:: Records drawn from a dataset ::
========
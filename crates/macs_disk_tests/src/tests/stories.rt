//! What is found on a disk in memory after calls, choices and power losses.

use super::Call::{Fill, Sync};
use super::Step::{Crash, Find, Make, Tear};
use super::{Step, begin};

const SYNCED: &[Step] = &[
    Find(1, (0, 0, false)),
    Make(Fill(1, 1)),
    Find(1, (1, 0, true)),
    Find(0, (0, 0, false)),
    Find(2, (0, 0, false)),
    Make(Sync),
    Find(1, (1, 1, false)),
    Make(Fill(1, 2)),
    Find(1, (2, 1, true)),
    Crash,
    Find(1, (2, 2, false)),
];

#[test]
fn a_power_loss_keeps_what_was_synced(rt: HostRuntime) {
    begin(&rt, rt.alloc(), 4, SYNCED);
}

const CHOSEN: &[Step] = &[
    Tear(1, 9, false),
    Make(Fill(1, 1)),
    Make(Fill(2, 2)),
    Tear(1, 3, true),
    Tear(0, 9, false),
    Find(1, (1, 0, true)),
    Crash,
    Find(0, (0, 0, false)),
    Find(1, (3, 3, false)),
    Find(2, (2, 2, false)),
];

#[test]
fn a_power_loss_leaves_what_was_chosen(rt: HostRuntime) {
    begin(&rt, rt.alloc(), 4, CHOSEN);
}

const CHOSEN_AGAIN: &[Step] = &[
    Make(Fill(0, 1)),
    Tear(0, 2, true),
    Make(Fill(0, 3)),
    Find(0, (3, 0, true)),
    Make(Fill(1, 4)),
    Tear(1, 5, true),
    Tear(1, 6, true),
    Crash,
    Find(0, (2, 2, false)),
    Find(1, (6, 6, false)),
    Make(Fill(0, 7)),
    Make(Fill(1, 8)),
    Tear(1, 9, true),
    Make(Sync),
    Make(Fill(1, 10)),
    Crash,
    Find(0, (7, 7, false)),
    Find(1, (10, 10, false)),
];

/// A choice holds over a later write and until a later choice, a sync or a power loss.
#[test]
fn a_choice_stands_until_a_sync(rt: HostRuntime) {
    begin(&rt, rt.alloc(), 3, CHOSEN_AGAIN);
}
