//! Promises of calls that follow one another, put together by the laws, over a disk that stops at
//! each call in turn.

ghost use Rattle.std.specs.Prelude.{◌≡◌, ◌<◌, ℕ, true, IsErr};
ghost use Rattle.macs_disk.specs.States.{settled_state, zero_sector};
ghost use Rattle.macs_disk.specs.Disk.{IsHonest, IsWork, now};
ghost use Rattle.macs_disk.specs.Runs.{Leaves};
ghost use Rattle.macs_disk.specs.Fuses.{disk_of_fuse};
ghost use Rattle.macs_disk.specs.MemDisks.{disk_of};

use super::Step::{Crash, Find, Tear};
use super::{Step, blank, full, play};
use macs_disk::laws::{
    Property, a_read_call_leaves_nothing_new, a_sync_call_leaves_nothing_new, a_write_call_leaves,
    calls_are_counted, fuses_are_honest, leaves_call, leaves_join, leaves_more, leaves_none,
    leaves_now, leaves_weaker, memory_is_honest, work_goes_on,
};
use macs_disk::{DeviceFault, Fuse, MemDisk, SectorDisk};
use std::alloc::Allocator;
use std::process::Abort;

/// Every sector holds zeros.
struct AllAreBlank;

impl Property for AllAreBlank {
    ghost holds = { λ image. (i : ℕ) → image i ≡ zero_sector };
}

/// Sector 0 holds zeros.
struct FirstIsBlank;

impl Property for FirstIsBlank {
    ghost holds = { λ image. image 0 ≡ zero_sector };
}

/// Reads sector 0 of a blank disk and replaces sector 1 durably. A power loss meanwhile leaves
/// sector 0 blank.
fn replace_second<D: SectorDisk>(disk: &mut D, octets: &[u8; 512]) -> Result<(), DeviceFault>
    requires { 1 < (D.disk disk.old).sectors }
    ensures work { IsWork (D.disk disk.old) (D.disk disk.new) result }
    ensures worn { (D.disk disk.old).worn ≡ true → IsErr result }
    ensures leaves { IsHonest (D.disk disk.new)
        → now (D.disk disk.old) ≡ settled_state (λ _. zero_sector)
        → Leaves (D.disk disk.old) (D.disk disk.new) (λ image. image 0 ≡ zero_sector) }
{
    calls_are_counted::<(), DeviceFault>();
    work_goes_on::<(), DeviceFault>();
    leaves_none::<AllAreBlank>();
    leaves_call::<AllAreBlank, (), DeviceFault>();
    leaves_weaker::<AllAreBlank, FirstIsBlank>();
    leaves_join::<AllAreBlank, FirstIsBlank, FirstIsBlank>();
    leaves_more::<FirstIsBlank>();
    leaves_now::<FirstIsBlank>();
    a_read_call_leaves_nothing_new::<(), DeviceFault>();
    a_write_call_leaves::<FirstIsBlank, (), DeviceFault>();
    a_sync_call_leaves_nothing_new::<(), DeviceFault>();
    let mut first = [0; 512];
    disk.read(0, &mut first)?;
    disk.write(1, octets)?;
    disk.sync()
}

/// The same over a disk in memory that stops, which is honest.
fn replace_in_memory<A: Allocator>(
    disk: &mut Fuse<MemDisk<A>>,
    octets: &[u8; 512],
) -> Result<(), DeviceFault>
    requires { 1 < (disk_of_fuse disk_of disk.old).sectors }
    ensures { now (disk_of_fuse disk_of disk.old) ≡ settled_state (λ _. zero_sector)
        → Leaves (disk_of_fuse disk_of disk.old) (disk_of_fuse disk_of disk.new)
        (λ image. image 0 ≡ zero_sector) }
{
    memory_is_honest::<A>();
    fuses_are_honest::<MemDisk<A>>();
    replace_second(disk, octets)
}

/// The replacement over a disk that stops after so many calls, and that disk.
fn replaced(rt: &impl Abort, disk: MemDisk, calls: u64) -> (bool, MemDisk) {
    let mut fuse = Fuse::new(disk, calls);
    assert!(rt; 1 < fuse.sectors());
    let is_done = replace_in_memory(&mut fuse, &full(1)).is_ok();
    (is_done, fuse.into_inner())
}

/// What is found after so many calls, where 9 is chosen for sector 1.
const AFTER: &[&[Step]] = &[
    &[
        Tear(1, 9, false),
        Crash,
        Find(0, (0, 0, false)),
        Find(1, (0, 0, false)),
    ],
    &[
        Tear(1, 9, false),
        Crash,
        Find(0, (0, 0, false)),
        Find(1, (0, 0, false)),
    ],
    &[
        Tear(1, 9, true),
        Crash,
        Find(0, (0, 0, false)),
        Find(1, (9, 9, false)),
    ],
    &[
        Tear(1, 9, false),
        Crash,
        Find(0, (0, 0, false)),
        Find(1, (1, 1, false)),
    ],
];

#[test]
fn a_replacement_leaves_the_other_sector(rt: HostRuntime) {
    for (calls, after) in AFTER.iter().enumerate() {
        let (is_done, mut disk) = replaced(&rt, blank(&rt, rt.alloc(), 2), calls as u64);
        assert!(rt; is_done == (calls == 3), "{calls} calls");
        play(&rt, &mut disk, after);
    }
}
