//! The mark of a spaced file: which files have it.

use super::kernel_files::{SPACED, folder, named};
use super::{full, sectors};
use macs_disk::{DiskFile, SectorDisk};
use macs_fixtures::{MemFolder, open_disk};
use std::process::Abort;

/// The octet at which the mark of a spaced file is.
const MARK_PLACE: u64 = 4_210_688;

/// How many sectors a packed file has that ends after that of the mark.
const OVER_THE_MARK: u64 = 8_225;

/// A sector that begins with the mark, full of an octet after it.
fn marked() -> [u8; 512] {
    let mut sector = full(7);
    sector[..8].copy_from_slice(b"MSEC4096");
    sector
}

/// Writes a sector from this octet of the file on.
fn write(rt: &impl Abort, folder: &MemFolder, at: u64, sector: &[u8; 512]) {
    assert!(rt; named(rt, folder).write_at(at, sector).ok() == Some(512));
}

/// Whether the file begins with a sector that is full of an octet.
fn begins_with(rt: &impl Abort, folder: &MemFolder, octet: u8) -> bool {
    let mut sector = [0; 512];
    assert!(rt; named(rt, folder).read_at(0, &mut sector).ok() == Some(512));
    sector == full(octet)
}

/// A disk in the file, of no fewer sectors than `least`, has so many.
fn expect(rt: &impl Abort, folder: &MemFolder, least: u64, wanted: u64) {
    assert!(rt; sectors(open_disk(folder, least)) == Ok(wanted));
}

#[test]
fn a_file_that_ends_with_the_mark_is_spaced(rt: HostRuntime) {
    let folder = folder(&rt, rt.alloc(), SPACED);
    write(&rt, &folder, MARK_PLACE, &marked());
    expect(&rt, &folder, 0, 1_028);
    expect(&rt, &folder, 1_028, 1_028);
}

#[test]
fn a_packed_file_that_is_lengthened_is_packed(rt: HostRuntime) {
    let folder = folder(&rt, rt.alloc(), SPACED);
    write(&rt, &folder, 0, &full(1));
    expect(&rt, &folder, OVER_THE_MARK, OVER_THE_MARK);
    expect(&rt, &folder, 0, OVER_THE_MARK);
    assert!(rt; begins_with(&rt, &folder, 1));
}
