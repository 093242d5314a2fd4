//! The string that is hashed (NIST SP 800-38D, 7.1, step 5), block by block: the padded additional
//! data, the padded text and their lengths.

ghost use Rattle.std.specs.Prelude.{◌≡◌, ◌≢◌, ◌+◌, ◌*◌, ◌/◌, ◌^◌, ◌<◌, ◌≤◌, ◌-◌, ℕ, ◌++◌, length};
ghost use Rattle.std.specs.Int.{from_be_bytes, to_be_bytes, w64, w128};
ghost use Rattle.macs_gf.specs.Ghash.{block_at, hash_input, padded_string};

/// Block i of a string, which is short: filled up with zero octets (7.1, step 4).
fn short_block(octets: &[u8], i: usize) -> [u8; 16]
    requires { 16 * i < length octets.now }
    ensures { from_be_bytes w128 result ≡ block_at (padded_string octets.now) i }
{
    let mut block = [0u8; 16];
    let count = (octets.len() - 16 * i).min(16);
    for k in 0..count {
        block[k] = octets[16 * i + k];
    }
    block
}

/// Block i of a string; a short last block is filled up with zero octets (7.1, step 4).
#[inline(always)]
fn padded_block(octets: &[u8], i: usize) -> [u8; 16]
    requires { 16 * i < length octets.now }
    ensures { from_be_bytes w128 result ≡ block_at (padded_string octets.now) i }
{
    match octets[16 * i..].first_chunk::<16>() {
        Some(block) => *block,
        None => short_block(octets, i),
    }
}

/// The block of the two lengths in bits, each in 64 bits (7.1, step 5).
fn lengths_block(aad: &[u8], text: &[u8]) -> [u8; 16]
    requires aad { length aad.now < 2 ^ 32 }
    requires text { length text.now < 2 ^ 32 }
    ensures { result
        ≡ to_be_bytes w64 (8 * length aad.now) ++ to_be_bytes w64 (8 * length text.now) }
{
    let [a, b, c, d, e, f, g, h] = (8 * aad.len() as u64).to_be_bytes();
    let [i, j, k, l, m, n, o, p] = (8 * text.len() as u64).to_be_bytes();
    [a, b, c, d, e, f, g, h, i, j, k, l, m, n, o, p]
}

/// Block i of the string that is hashed.
#[inline(always)]
fn input_block(aad: &[u8], text: &[u8], i: usize) -> [u8; 16]
    requires aad { length aad.now < 2 ^ 32 }
    requires text { length text.now < 2 ^ 32 }
    requires within { i < (length aad.now + 15) / 16 + (length text.now + 15) / 16 + 1 }
    ensures { from_be_bytes w128 result ≡ block_at (hash_input aad.now text.now) i }
{
    let front = aad.len().div_ceil(16);
    if i < front {
        padded_block(aad, i)
    } else if i < front + text.len().div_ceil(16) {
        padded_block(text, i - front)
    } else {
        lengths_block(aad, text)
    }
}

/// A block in place k of a string of M octets.
#[inline(always)]
fn put_block<const M: usize>(octets: &mut [u8; M], k: usize, block: &[u8; 16])
    requires { 16 * k + 16 ≤ M }
    ensures block { block_at octets.new k ≡ from_be_bytes w128 block.now }
    ensures others { (l : ℕ) → 16 * l + 16 ≤ M → l ≢ k
        → block_at octets.new l ≡ block_at octets.old l }
{
    for j in 0..16 {
        octets[16 * k + j] = block[j];
    }
}

/// Blocks of the string that is hashed, as many as M octets have room for, from block i on, taken
/// one by one.
fn gathered_blocks<const M: usize>(aad: &[u8], text: &[u8], i: usize) -> [u8; M]
    requires aad { length aad.now < 2 ^ 32 }
    requires text { length text.now < 2 ^ 32 }
    requires within { i + M / 16 ≤ (length aad.now + 15) / 16 + (length text.now + 15) / 16 + 1 }
    ensures { (k : ℕ) → k < M / 16
        → block_at result k ≡ block_at (hash_input aad.now text.now) (i + k) }
{
    let mut octets = [0u8; M];
    for k in 0..M / 16 {
        put_block(&mut octets, k, &input_block(aad, text, i + k));
    }
    octets
}

/// Blocks of the string that is hashed, as many as M octets have room for, from block i on. Whole
/// blocks of the text are side by side already.
#[inline(always)]
pub(crate) fn input_blocks<const M: usize>(aad: &[u8], text: &[u8], i: usize) -> [u8; M]
    requires aad { length aad.now < 2 ^ 32 }
    requires text { length text.now < 2 ^ 32 }
    requires within { i + M / 16 ≤ (length aad.now + 15) / 16 + (length text.now + 15) / 16 + 1 }
    ensures { (k : ℕ) → k < M / 16
        → block_at result k ≡ block_at (hash_input aad.now text.now) (i + k) }
{
    let front = aad.len().div_ceil(16);
    if i < front || text.len() < 16 * (i - front) {
        return gathered_blocks(aad, text, i);
    }
    match text[16 * (i - front)..].first_chunk::<M>() {
        Some(blocks) => *blocks,
        None => gathered_blocks(aad, text, i),
    }
}

/// The first blocks of the string that is hashed, after as many zero blocks as M octets have room
/// for.
#[inline(always)]
pub(crate) fn behind_zeros<const M: usize>(aad: &[u8], text: &[u8], count: usize) -> [u8; M]
    requires aad { length aad.now < 2 ^ 32 }
    requires text { length text.now < 2 ^ 32 }
    requires within { count ≤ (length aad.now + 15) / 16 + (length text.now + 15) / 16 + 1 }
    requires few { count ≤ M / 16 }
    ensures zeros { (k : ℕ) → k < M / 16 - count → block_at result k ≡ 0 }
    ensures blocks { (k : ℕ) → k < count
        → block_at result (M / 16 - count + k) ≡ block_at (hash_input aad.now text.now) k }
{
    let mut octets = [0u8; M];
    for k in 0..count {
        put_block(&mut octets, M / 16 - count + k, &input_block(aad, text, k));
    }
    octets
}
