//! GHASH (NIST SP 800-38D, 6.4) of the string that GCM hashes (7.1, step 5), by tables of four
//! bits: a text of few blocks by tables of four powers of the hash subkey, which are kept with it,
//! another by tables of eight, which are made for it.
//!
//! Blocks are numbers as in `macs_gf`. No branch and no index of the code depends on a subkey or on
//! what is hashed, only on lengths.
#![tactic(auto)]

mod filling;
mod hash;
mod kept;
mod octets;
mod powers;
mod reduction;
mod strides;
mod strings;
mod tables;

pub use hash::ghash;
pub use kept::Tables;
pub use powers::Powers;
========
:: WHAT THE TASK ASKS ::
Gather all lines from the records above in which "full" appears.

:: REPLY TO THE TASK ::
use super::{Step, blank, full, play};
    let is_done = replace_in_memory(&mut fuse, &full(1)).is_ok();
use super::{full, sectors};
/// A sector that begins with the mark, full of an octet after it.
    let mut sector = full(7);
/// Whether the file begins with a sector that is full of an octet.
    sector == full(octet)
    write(&rt, &folder, 0, &full(1));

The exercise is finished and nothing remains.